* [Data to examine]:

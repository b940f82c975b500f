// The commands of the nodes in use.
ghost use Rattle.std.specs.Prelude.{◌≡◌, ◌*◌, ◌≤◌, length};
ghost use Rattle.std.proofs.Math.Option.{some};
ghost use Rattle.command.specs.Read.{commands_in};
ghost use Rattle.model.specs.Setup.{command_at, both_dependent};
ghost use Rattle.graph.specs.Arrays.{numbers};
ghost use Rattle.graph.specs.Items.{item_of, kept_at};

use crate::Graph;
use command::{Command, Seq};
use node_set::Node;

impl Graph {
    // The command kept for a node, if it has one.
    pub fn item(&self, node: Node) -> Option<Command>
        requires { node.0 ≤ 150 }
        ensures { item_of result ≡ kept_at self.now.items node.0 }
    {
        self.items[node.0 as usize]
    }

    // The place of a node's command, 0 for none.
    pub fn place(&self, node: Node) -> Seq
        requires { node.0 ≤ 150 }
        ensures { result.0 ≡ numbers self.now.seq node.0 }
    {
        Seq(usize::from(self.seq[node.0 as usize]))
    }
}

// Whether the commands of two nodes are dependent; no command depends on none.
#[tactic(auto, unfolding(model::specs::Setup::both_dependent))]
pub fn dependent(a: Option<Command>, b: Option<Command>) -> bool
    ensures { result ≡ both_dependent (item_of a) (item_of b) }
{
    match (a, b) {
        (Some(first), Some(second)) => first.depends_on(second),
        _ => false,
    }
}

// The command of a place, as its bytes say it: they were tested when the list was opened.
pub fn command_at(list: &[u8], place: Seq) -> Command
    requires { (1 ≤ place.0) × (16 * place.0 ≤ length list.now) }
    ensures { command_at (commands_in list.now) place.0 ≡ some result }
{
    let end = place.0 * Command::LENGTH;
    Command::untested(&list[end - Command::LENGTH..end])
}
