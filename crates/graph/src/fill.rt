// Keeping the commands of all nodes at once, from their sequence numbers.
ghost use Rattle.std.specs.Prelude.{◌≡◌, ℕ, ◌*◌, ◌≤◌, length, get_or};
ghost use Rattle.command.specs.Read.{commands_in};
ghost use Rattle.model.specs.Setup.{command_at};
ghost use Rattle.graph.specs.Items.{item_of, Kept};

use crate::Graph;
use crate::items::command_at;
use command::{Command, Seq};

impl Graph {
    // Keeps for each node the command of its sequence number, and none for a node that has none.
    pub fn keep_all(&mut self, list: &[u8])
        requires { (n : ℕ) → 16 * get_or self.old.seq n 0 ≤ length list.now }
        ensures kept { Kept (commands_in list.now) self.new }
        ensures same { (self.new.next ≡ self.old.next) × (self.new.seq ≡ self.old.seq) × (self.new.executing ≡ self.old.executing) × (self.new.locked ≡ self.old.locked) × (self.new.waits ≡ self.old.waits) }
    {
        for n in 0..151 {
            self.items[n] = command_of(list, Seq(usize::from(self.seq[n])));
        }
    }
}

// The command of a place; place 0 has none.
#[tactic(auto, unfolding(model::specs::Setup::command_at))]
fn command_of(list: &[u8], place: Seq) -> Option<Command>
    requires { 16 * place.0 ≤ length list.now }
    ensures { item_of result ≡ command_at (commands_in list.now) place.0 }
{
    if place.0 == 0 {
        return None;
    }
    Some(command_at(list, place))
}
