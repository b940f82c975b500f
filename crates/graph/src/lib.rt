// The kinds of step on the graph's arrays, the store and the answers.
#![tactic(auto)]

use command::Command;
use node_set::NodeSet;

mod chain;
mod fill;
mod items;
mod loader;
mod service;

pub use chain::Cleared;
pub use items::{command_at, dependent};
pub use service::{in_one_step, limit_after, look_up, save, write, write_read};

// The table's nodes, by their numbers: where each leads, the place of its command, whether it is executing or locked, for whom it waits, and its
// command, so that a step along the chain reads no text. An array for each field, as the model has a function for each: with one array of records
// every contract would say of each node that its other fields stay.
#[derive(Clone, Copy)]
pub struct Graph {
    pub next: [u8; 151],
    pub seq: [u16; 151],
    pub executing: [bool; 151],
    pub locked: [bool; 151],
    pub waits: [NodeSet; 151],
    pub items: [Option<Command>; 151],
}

* [Action item]: State how many lines in the material above hold the word "filename". Add nothing else.

* [Exercise output]: 2